— TASK DESCRIPTION —
Copy each line of the data below with the word "filename".

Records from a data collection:
------------------------------------------------------------------------

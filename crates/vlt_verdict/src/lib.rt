//! Verdicts: what a tree is as a program, and the laws that a text has one verdict.
//! Read `specs/Verdicts.antt` first.
//! Used by: `vlt_judge` and `vlt_view_verdict`, which find verdicts, and the replies that show them.
#![tactic(auto)]

ghost use Rattle.vlt_verdict.specs.Laws.{HasOneVerdict, HasSomeVerdict, ProgramsHaveOneVerdict, ProgramsHaveSomeVerdict};

use thiserror::Error;
use vlt_check::accepted_has_no_fault;
use vlt_check_laws::programs_are_judged;
use vlt_core::{FlowFault, Program};
use vlt_core_laws::there_is_one_first_fault;
use vlt_fit_laws::programs_are_fit;

/// What a tree is as a program.
#[derive(Drop)]
pub enum Verdict {
    /// A rule on names and types refuses it; the place is a byte of the text, counted from 0.
    Broken { rule: u8, at: u32 },
    /// A function has more variables or keys than the limit of this number allows.
    Exceeded(u8),
    /// A function breaks the rules on keys; this is the first fault.
    Faulty(Program, FlowFault),
    /// It follows all rules.
    Accepted(Program),
}

/// Why a tree has no verdict.
#[derive(Clone, Copy, Debug, PartialEq, Eq, Error)]
pub enum JudgeError {
    /// A body of its program is unfit for the check: a row of it names states of which there is no set, it has 2^62
    /// statements or more, or it is refused and something in it has no number.
    #[error("a body of the program is unfit for the check")]
    Unfit,
    #[error("there was no memory")]
    Memory,
}

/// Whatever gives a program that the laws on checks are about, it is of one verdict.
pub fn programs_have_one_verdict()
    ensures { ProgramsHaveOneVerdict }
{
    accepted_has_no_fault();
    there_is_one_first_fault();
}

/// A tree that a text has is of one verdict.
pub fn a_tree_has_one_verdict()
    ensures { HasOneVerdict }
{
    programs_have_one_verdict();
    programs_are_fit();
}

/// It can't be that what gives such a program is of no verdict.
pub fn programs_have_some_verdict()
    ensures { ProgramsHaveSomeVerdict }
{
    programs_are_judged();
}

/// It can't be that a tree that a text has is of no verdict.
pub fn a_tree_has_some_verdict()
    ensures { HasSomeVerdict }
{
    programs_are_fit();
    programs_have_some_verdict();
}
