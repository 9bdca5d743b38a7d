//! Statements without blocks that bind nothing: `x.f = e`, `release`, `become` and `swap`.

ghost use Rattle.std.specs.Prelude.{◌≡◌, ◌∷◌, [], option_map, IfOk, OnOk};
ghost use Rattle.vlt_syntax.specs.View as tree;
ghost use Rattle.vlt_core.specs.View.{ty_of, form_of, field_of, keys_of};
ghost use Rattle.vlt_kinds_types.specs.Names.Refusals.{least_from};
ghost use Rattle.vlt_kinds_types.specs.Seen.{kinds_seen};
ghost use Rattle.vlt_resolve_exprs.specs.Exprs as e;
ghost use Rattle.vlt_resolve_exprs.specs.Scopes.{var_ty};
ghost use Rattle.vlt_resolve_exprs.specs.Seen.{scope_seen, forms_of};
ghost use Rattle.vlt_elaboration.specs.Statements as s;

use std::alloc::{AllocError, Global};
use vlt_base::{KeyId, TypeId, VarId};
use vlt_core::rules::{
    NOT_A_STATE, UNKNOWN_NAME, WRONG_BECOME, WRONG_RELEASE, WRONG_SWAP, WRONG_TYPE,
};
use vlt_core::{FieldDecl, Form, Ty};
use vlt_kinds_types::{Kinds, LeastRefusal};
use vlt_resolve_exprs::{
    Forms, Scope, check_field, check_known, check_wanted, core_expr, field_at, field_named,
    is_owning, is_struct, same_ty, ty_under, var_number,
};
use vlt_resolve_rights::droppable::{may_drop, may_drop_struct};
use vlt_syntax::{Expr, Name};

// ---- x.f = e

#[tactic(auto, using(vlt_kinds_types::proofs::OfNames::Least::least_of_both), unfolding(vlt_elaboration::specs::Statements::put_refused))]
fn check_put(
    alloc: Global,
    kinds: &Kinds<'_>,
    scope: &Scope<'_>,
    base: &Name,
    field: &Name,
    value: &Expr,
    found: &mut LeastRefusal,
) -> Result<(), AllocError>
    ensures { OnOk result (found.new.least ≡ least_from found.old.least
        (s.put_refused (kinds_seen kinds.now) (scope_seen scope.now) (tree.name_of base.now)
        (tree.name_of field.now) (tree.expr_of value.now))) }
{
    let wanted = check_field(alloc, kinds, scope, base, field, found)?;
    check_wanted(alloc, kinds, scope, &wanted, value, found)
}

/// Tests `x.f = e`, and makes it. What it makes counts only where nothing is refused.
#[tactic(auto, unfolding(vlt_elaboration::specs::Statements::core_put))]
pub fn put(
    alloc: Global,
    kinds: &Kinds<'_>,
    scope: &Scope<'_>,
    base: &Name,
    field: &Name,
    value: &Expr,
    found: &mut LeastRefusal,
) -> Result<Forms, AllocError>
    ensures refused { OnOk result (found.new.least
        ≡ least_from found.old.least (s.put_refused (kinds_seen kinds.now)
        (scope_seen scope.now) (tree.name_of base.now) (tree.name_of field.now)
        (tree.expr_of value.now))) }
    ensures forms { IfOk result (λ fs. forms_of fs
        ≡ s.core_put (kinds_seen kinds.now) (scope_seen scope.now) (tree.name_of base.now)
        (tree.name_of field.now) (tree.expr_of value.now) ∷ []) }
{
    check_put(alloc, kinds, scope, base, field, value, found)?;
    let (x, field) = field_at(kinds, scope, base, field)?;
    let e = core_expr(alloc, kinds, scope, value)?;
    Forms::one(alloc, Form::Put { x, field, e })
}

// ---- release x

fn is_releasable(kinds: &Kinds<'_>, ty: &Ty) -> bool
    ensures { result ≡ s.is_releasable (kinds_seen kinds.now) (ty_of ty.now) }
{
    match ty {
        Ty::Key(_, t, _) => may_drop_struct(kinds, *t),
        _ => may_drop(kinds, ty),
    }
}

#[tactic(auto, unfolding(vlt_elaboration::specs::Statements::release_refused))]
fn check_release(kinds: &Kinds<'_>, ty: Option<&Ty>, name: &Name, found: &mut LeastRefusal)
    ensures { found.new.least ≡ least_from found.old.least
        (s.release_refused (kinds_seen kinds.now) (option_map (λ t. ty_of t.now) ty.entry)
        (tree.name_of name.now)) }
{
    match ty {
        None => found.add(UNKNOWN_NAME, name.at.from),
        Some(ty) => found.add_if(!is_releasable(kinds, ty), WRONG_RELEASE, name.at.from),
    }
}

#[tactic(auto, unfolding(vlt_elaboration::specs::Statements::release_form))]
fn release_form(ty: Option<&Ty>, v: VarId) -> Form
    ensures { form_of result ≡ s.release_form (option_map (λ t. ty_of t.now) ty.entry) v.0 }
{
    match ty {
        Some(Ty::Key(..)) => Form::Release { x: v },
        _ => Form::Drop { v },
    }
}

/// Tests `release`, and makes it. What it makes counts only where nothing is refused.
pub fn release(
    alloc: Global,
    kinds: &Kinds<'_>,
    scope: &Scope<'_>,
    name: &Name,
    found: &mut LeastRefusal,
) -> Result<Forms, AllocError>
    ensures refused { OnOk result (found.new.least ≡ least_from found.old.least
        (s.release_refused (kinds_seen kinds.now)
        (var_ty (scope_seen scope.now) (tree.name_of name.now).text) (tree.name_of name.now))) }
    ensures forms { IfOk result (λ fs. forms_of fs ≡ s.release_form
        (var_ty (scope_seen scope.now) (tree.name_of name.now).text)
        (e.var_number (scope_seen scope.now) (tree.name_of name.now)) ∷ []) }
{
    let ty = scope.var_ty(name.text.as_slice());
    check_release(kinds, ty, name, found);
    Forms::one(alloc, release_form(ty, var_number(scope, name)))
}

// ---- become x@s

#[tactic(auto, unfolding(vlt_elaboration::specs::Statements::state_of, vlt_kinds_types::specs::Files::shape_at))]
fn state_of(kinds: &Kinds<'_>, t: TypeId, name: &Name) -> Option<u8>
    ensures { result ≡ s.state_of (kinds_seen kinds.now) t.0 (tree.name_of name.now) }
{
    kinds
        .file
        .state_names(kinds.file.shape_at(t.0))
        .number(name)
}

#[tactic(auto, unfolding(vlt_elaboration::specs::Statements::state_refused))]
fn check_state(kinds: &Kinds<'_>, t: TypeId, name: &Name, state: &Name, found: &mut LeastRefusal)
    ensures { found.new.least ≡ least_from found.old.least
        (s.state_refused (kinds_seen kinds.now) t.0 (tree.name_of name.now)
        (tree.name_of state.now)) }
{
    if is_struct(kinds.types.get(t.0 as usize)) {
        found.add_if(
            !state_of(kinds, t, state).is_some(),
            NOT_A_STATE,
            state.at.from,
        );
    } else {
        found.add(WRONG_BECOME, name.at.from);
    }
}

#[tactic(auto, unfolding(vlt_elaboration::specs::Statements::become_refused))]
fn check_become(
    kinds: &Kinds<'_>,
    ty: Option<&Ty>,
    name: &Name,
    state: &Name,
    found: &mut LeastRefusal,
)
    ensures { found.new.least ≡ least_from found.old.least
        (s.become_refused (kinds_seen kinds.now) (option_map (λ t. ty_of t.now) ty.entry)
        (tree.name_of name.now) (tree.name_of state.now)) }
{
    match ty {
        None => found.add(UNKNOWN_NAME, name.at.from),
        Some(Ty::Key(_, t, _)) => check_state(kinds, *t, name, state, found),
        Some(_) => found.add(WRONG_BECOME, name.at.from),
    }
}

fn tracked_type(ty: Option<&Ty>) -> TypeId
    ensures { result.0 ≡ s.tracked_type (option_map (λ t. ty_of t.now) ty.entry) }
{
    match ty {
        Some(Ty::Key(_, t, _)) => *t,
        _ => TypeId(0),
    }
}

#[tactic(auto, unfolding(vlt_elaboration::specs::Statements::core_become))]
fn become_form(kinds: &Kinds<'_>, scope: &Scope<'_>, name: &Name, state: &Name) -> Form
    ensures { form_of result ≡ s.core_become (kinds_seen kinds.now) (scope_seen scope.now)
        (tree.name_of name.now) (tree.name_of state.now) }
{
    let t = tracked_type(scope.var_ty(name.text.as_slice()));
    let number = match state_of(kinds, t, state) {
        Some(number) => number,
        None => 0,
    };
    Form::Become {
        x: var_number(scope, name),
        state: number,
    }
}

/// Tests `become`, and makes it. What it makes counts only where nothing is refused.
pub fn change_state(
    alloc: Global,
    kinds: &Kinds<'_>,
    scope: &Scope<'_>,
    name: &Name,
    state: &Name,
    found: &mut LeastRefusal,
) -> Result<Forms, AllocError>
    ensures refused { OnOk result (found.new.least ≡ least_from found.old.least
        (s.become_refused (kinds_seen kinds.now)
        (var_ty (scope_seen scope.now) (tree.name_of name.now).text) (tree.name_of name.now)
        (tree.name_of state.now))) }
    ensures forms { IfOk result (λ fs. forms_of fs
        ≡ s.core_become (kinds_seen kinds.now) (scope_seen scope.now)
        (tree.name_of name.now) (tree.name_of state.now) ∷ []) }
{
    let ty = scope.var_ty(name.text.as_slice());
    check_become(kinds, ty, name, state, found);
    Forms::one(alloc, become_form(kinds, scope, name, state))
}

// ---- swap x.f, v

fn check_swapped(wanted: &Ty, given: Option<&Ty>, name: &Name, found: &mut LeastRefusal)
    ensures { found.new.least ≡ least_from found.old.least
        (s.swapped_misfit (ty_of wanted.now) (option_map (λ t. ty_of t.now) given.entry)
        (tree.name_of name.now)) }
{
    match given {
        None => {}
        Some(ty) => found.add_if(!same_ty(ty, wanted), WRONG_TYPE, name.at.from),
    }
}

#[tactic(auto, unfolding(vlt_elaboration::specs::Statements::owner_refused))]
fn check_owner(
    alloc: Global,
    args: &[KeyId],
    decl: &FieldDecl,
    given: Option<&Ty>,
    base: &Name,
    variable: &Name,
    found: &mut LeastRefusal,
) -> Result<(), AllocError>
    ensures { OnOk result (found.new.least ≡ least_from found.old.least
        (s.owner_refused (keys_of args.now) (field_of decl.now)
        (option_map (λ t. ty_of t.now) given.entry) (tree.name_of base.now)
        (tree.name_of variable.now))) }
{
    if is_owning(&decl.ty) {
        let wanted = ty_under(alloc, args, &decl.ty)?;
        check_swapped(&wanted, given, variable, found);
    } else {
        found.add(WRONG_SWAP, base.at.from);
    }
    Ok(())
}

fn check_swapped_field(
    alloc: Global,
    args: &[KeyId],
    decl: Option<&FieldDecl>,
    given: Option<&Ty>,
    base: &Name,
    field: &Name,
    variable: &Name,
    found: &mut LeastRefusal,
) -> Result<(), AllocError>
    ensures { OnOk result (found.new.least ≡ least_from found.old.least
        (s.swapped_field_refused (keys_of args.now)
        (option_map (λ d. field_of d.now) decl.entry)
        (option_map (λ t. ty_of t.now) given.entry) (tree.name_of base.now)
        (tree.name_of field.now) (tree.name_of variable.now))) }
{
    match decl {
        None => {
            found.add(UNKNOWN_NAME, field.at.from);
            Ok(())
        }
        Some(decl) => check_owner(alloc, args, decl, given, base, variable, found),
    }
}

#[tactic(auto, unfolding(vlt_elaboration::specs::Statements::base_refused))]
fn check_base(
    alloc: Global,
    kinds: &Kinds<'_>,
    ty: Option<&Ty>,
    given: Option<&Ty>,
    base: &Name,
    field: &Name,
    variable: &Name,
    found: &mut LeastRefusal,
) -> Result<(), AllocError>
    ensures { OnOk result (found.new.least ≡ least_from found.old.least
        (s.base_refused (kinds_seen kinds.now) (option_map (λ t. ty_of t.now) ty.entry)
        (option_map (λ t. ty_of t.now) given.entry) (tree.name_of base.now)
        (tree.name_of field.now) (tree.name_of variable.now))) }
{
    match ty {
        None => {
            found.add(UNKNOWN_NAME, base.at.from);
            Ok(())
        }
        Some(Ty::Key(_, t, args)) => {
            check_swapped_field(
                alloc,
                args.as_slice(),
                field_named(kinds, *t, field),
                given,
                base,
                field,
                variable,
                found,
            )
        }
        Some(_) => {
            found.add(WRONG_SWAP, base.at.from);
            Ok(())
        }
    }
}

#[tactic(auto, using(vlt_kinds_types::proofs::OfNames::Least::least_of_both), unfolding(vlt_elaboration::specs::Statements::swap_refused))]
fn check_swap(
    alloc: Global,
    kinds: &Kinds<'_>,
    scope: &Scope<'_>,
    base: &Name,
    field: &Name,
    variable: &Name,
    found: &mut LeastRefusal,
) -> Result<(), AllocError>
    ensures { OnOk result (found.new.least ≡ least_from found.old.least
        (s.swap_refused (kinds_seen kinds.now) (scope_seen scope.now) (tree.name_of base.now)
        (tree.name_of field.now) (tree.name_of variable.now))) }
{
    let ty = scope.var_ty(base.text.as_slice());
    let given = scope.var_ty(variable.text.as_slice());
    check_base(alloc, kinds, ty, given, base, field, variable, found)?;
    check_known(scope, variable, found);
    Ok(())
}

/// Tests `swap`, and makes it. What it makes counts only where nothing is refused.
#[tactic(auto, unfolding(vlt_elaboration::specs::Statements::core_swap))]
pub fn swap(
    alloc: Global,
    kinds: &Kinds<'_>,
    scope: &Scope<'_>,
    base: &Name,
    field: &Name,
    variable: &Name,
    found: &mut LeastRefusal,
) -> Result<Forms, AllocError>
    ensures refused { OnOk result (found.new.least
        ≡ least_from found.old.least (s.swap_refused (kinds_seen kinds.now)
        (scope_seen scope.now) (tree.name_of base.now) (tree.name_of field.now)
        (tree.name_of variable.now))) }
    ensures forms { IfOk result (λ fs. forms_of fs
        ≡ s.core_swap (kinds_seen kinds.now) (scope_seen scope.now) (tree.name_of base.now)
        (tree.name_of field.now) (tree.name_of variable.now) ∷ []) }
{
    check_swap(alloc, kinds, scope, base, field, variable, found)?;
    let (x, field) = field_at(kinds, scope, base, field)?;
    let v = var_number(scope, variable);
    Forms::one(alloc, Form::Swap { x, field, v })
}
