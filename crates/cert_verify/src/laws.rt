//! A file verifies in one way, or is refused in one way.

ghost use Rattle.std.specs.Prelude.{ℕ, List};
ghost use Rattle.cert_verify.specs.Laws.{VerifiesInOneWay, TextsVerifyInSomeWay};

use c_match::apart_at_one;
use c_reader_laws::texts_are_read_in_one_way;
use cert_check::refused_in_one_way;
use cert_format_laws::{texts_have_one_reading, texts_have_some_reading};

/// A text verifies with one program and its notes, or is refused for one reason.
pub fn texts_verify_in_one_way()
    ensures { (text : List ℕ) → VerifiesInOneWay text }
{
    texts_are_read_in_one_way();
    texts_have_one_reading();
    refused_in_one_way();
    apart_at_one();
}

/// It can't be that a text neither verifies nor is refused, where notes have an answer (`NotesHaveAnAnswer`, a premise).
pub fn texts_verify_in_some_way()
    ensures { TextsVerifyInSomeWay }
{
    texts_are_read_in_one_way();
    texts_have_some_reading();
    apart_at_one();
}
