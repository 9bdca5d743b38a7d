//! Statements without blocks that declare nothing and don't jump: what they change, open, print and call.
//! Read `Statements` of `vlt_elaboration` first.
//! Used by: `vlt_resolve`.
#![tactic(auto)]

mod changes;
mod effects;
mod opens;

pub use changes::{change_state, put, release, swap};
pub use effects::{drop_call, print};
pub use opens::open;
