//! `open x into (v, w);`

ghost use Rattle.std.specs.Prelude.{◌≡◌, map, option_map, IfOk, OnOk};
ghost use Rattle.vlt_syntax.specs.View as tree;
ghost use Rattle.vlt_core.specs.View.{ty_of, field_of, keys_of};
ghost use Rattle.vlt_kinds_types.specs.Names.Refusals.{least_from};
ghost use Rattle.vlt_kinds_types.specs.Seen.{kinds_seen};
ghost use Rattle.vlt_resolve_exprs.specs.Scopes.{var_ty};
ghost use Rattle.vlt_resolve_exprs.specs.Seen.{scope_seen, forms_of};
ghost use Rattle.vlt_elaboration.specs.Statements as s;

use std::alloc::{AllocError, Global};
use vlt_base::{Items, KeyId, TypeId};
use vlt_core::rules::{UNKNOWN_NAME, WRONG_RELEASE};
use vlt_core::{FieldDecl, Form, Ty};
use vlt_kinds_types::{Kinds, LeastRefusal};
use vlt_resolve_exprs::{
    Forms, Scope, add_several, fields_of, is_owning, is_struct, ty_under, var_number,
};
use vlt_syntax::Name;

fn owning_types(
    alloc: Global,
    args: &[KeyId],
    fields: &[FieldDecl],
) -> Result<Items<Ty>, AllocError>
    ensures { IfOk result (λ ts. map ty_of ts
        ≡ s.owning_types (keys_of args.now) (map field_of fields.now)) }
{
    let mut types = Items::new(alloc);
    for field in fields {
        if is_owning(&field.ty) {
            types.push(ty_under(alloc, args, &field.ty)?)?;
        }
    }
    Ok(types)
}

fn parts_of(
    alloc: Global,
    kinds: &Kinds<'_>,
    t: TypeId,
    args: &[KeyId],
) -> Result<Option<Items<Ty>>, AllocError>
    ensures { IfOk result (λ ts. option_map (map ty_of) ts
        ≡ s.parts_of (kinds_seen kinds.now) t.0 (keys_of args.now)) }
{
    if is_struct(kinds.types.get(t.0 as usize)) {
        Ok(Some(owning_types(alloc, args, fields_of(kinds, t))?))
    } else {
        Ok(None)
    }
}

/// The types of the parts of an object that can be opened.
#[tactic(auto, unfolding(vlt_elaboration::specs::Statements::opened_parts))]
fn opened_parts(
    alloc: Global,
    kinds: &Kinds<'_>,
    ty: Option<&Ty>,
) -> Result<Option<Items<Ty>>, AllocError>
    ensures { IfOk result (λ ts. option_map (map ty_of) ts
        ≡ s.opened_parts (kinds_seen kinds.now) (option_map (λ t. ty_of t.now) ty.entry)) }
{
    match ty {
        Some(Ty::Key(_, t, args)) => parts_of(alloc, kinds, *t, args.as_slice()),
        _ => Ok(None),
    }
}

#[tactic(auto, unfolding(vlt_elaboration::specs::Statements::unopened_refused))]
fn check_unopened(ty: Option<&Ty>, name: &Name, found: &mut LeastRefusal)
    ensures { found.new.least ≡ least_from found.old.least
        (s.unopened_refused (option_map (λ t. ty_of t.now) ty.entry) (tree.name_of name.now)) }
{
    match ty {
        None => found.add(UNKNOWN_NAME, name.at.from),
        Some(_) => found.add(WRONG_RELEASE, name.at.from),
    }
}

fn open_parts<'a>(
    alloc: Global,
    kinds: &Kinds<'_>,
    scope: &mut Scope<'a>,
    types: &Option<Items<Ty>>,
    name: &Name,
    parts: &'a [Name],
    at: u32,
    found: &mut LeastRefusal,
) -> Result<Forms, AllocError>
    ensures refused { OnOk result (found.new.least
        ≡ least_from found.old.least (s.opened_refused (kinds_seen kinds.now)
        (scope_seen scope.old) (option_map (map ty_of) types.now)
        (var_ty (scope_seen scope.old) (tree.name_of name.now).text) (tree.name_of name.now)
        (tree.names_of parts.now) at)) }
    ensures became { IfOk result (λ fs. s.opened_became (scope_seen scope.old)
        (option_map (map ty_of) types.now) (tree.name_of name.now) (tree.names_of parts.now)
        ≡ (forms_of fs, scope_seen scope.new)) }
{
    match types {
        None => {
            check_unopened(scope.var_ty(name.text.as_slice()), name, found);
            Ok(Forms::Nothing)
        }
        Some(types) => {
            let x = var_number(scope, name);
            let into = add_several(alloc, kinds, scope, parts, types.as_slice(), at, found)?;
            Forms::one(alloc, Form::Open { x, into })
        }
    }
}

/// Tests an `open`, and makes it. What it makes counts only where nothing is refused.
#[tactic(auto, unfolding(vlt_elaboration::specs::Statements::open_refused, vlt_elaboration::specs::Statements::open_became))]
pub fn open<'a>(
    alloc: Global,
    kinds: &Kinds<'_>,
    scope: &mut Scope<'a>,
    name: &Name,
    parts: &'a [Name],
    at: u32,
    found: &mut LeastRefusal,
) -> Result<Forms, AllocError>
    ensures refused { OnOk result (found.new.least
        ≡ least_from found.old.least (s.open_refused (kinds_seen kinds.now)
        (scope_seen scope.old) (tree.name_of name.now) (tree.names_of parts.now) at)) }
    ensures became { IfOk result (λ fs. s.open_became (kinds_seen kinds.now) (scope_seen scope.old)
        (tree.name_of name.now) (tree.names_of parts.now) ≡ (forms_of fs, scope_seen scope.new)) }
{
    let types = opened_parts(alloc, kinds, scope.var_ty(name.text.as_slice()))?;
    open_parts(alloc, kinds, scope, &types, name, parts, at, found)
}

------------------------------------------------------------------------

— RESPONSE AREA —
filename crates/vlt_verdict/src/lib.rt
filename crates/cert_verify/src/laws.rt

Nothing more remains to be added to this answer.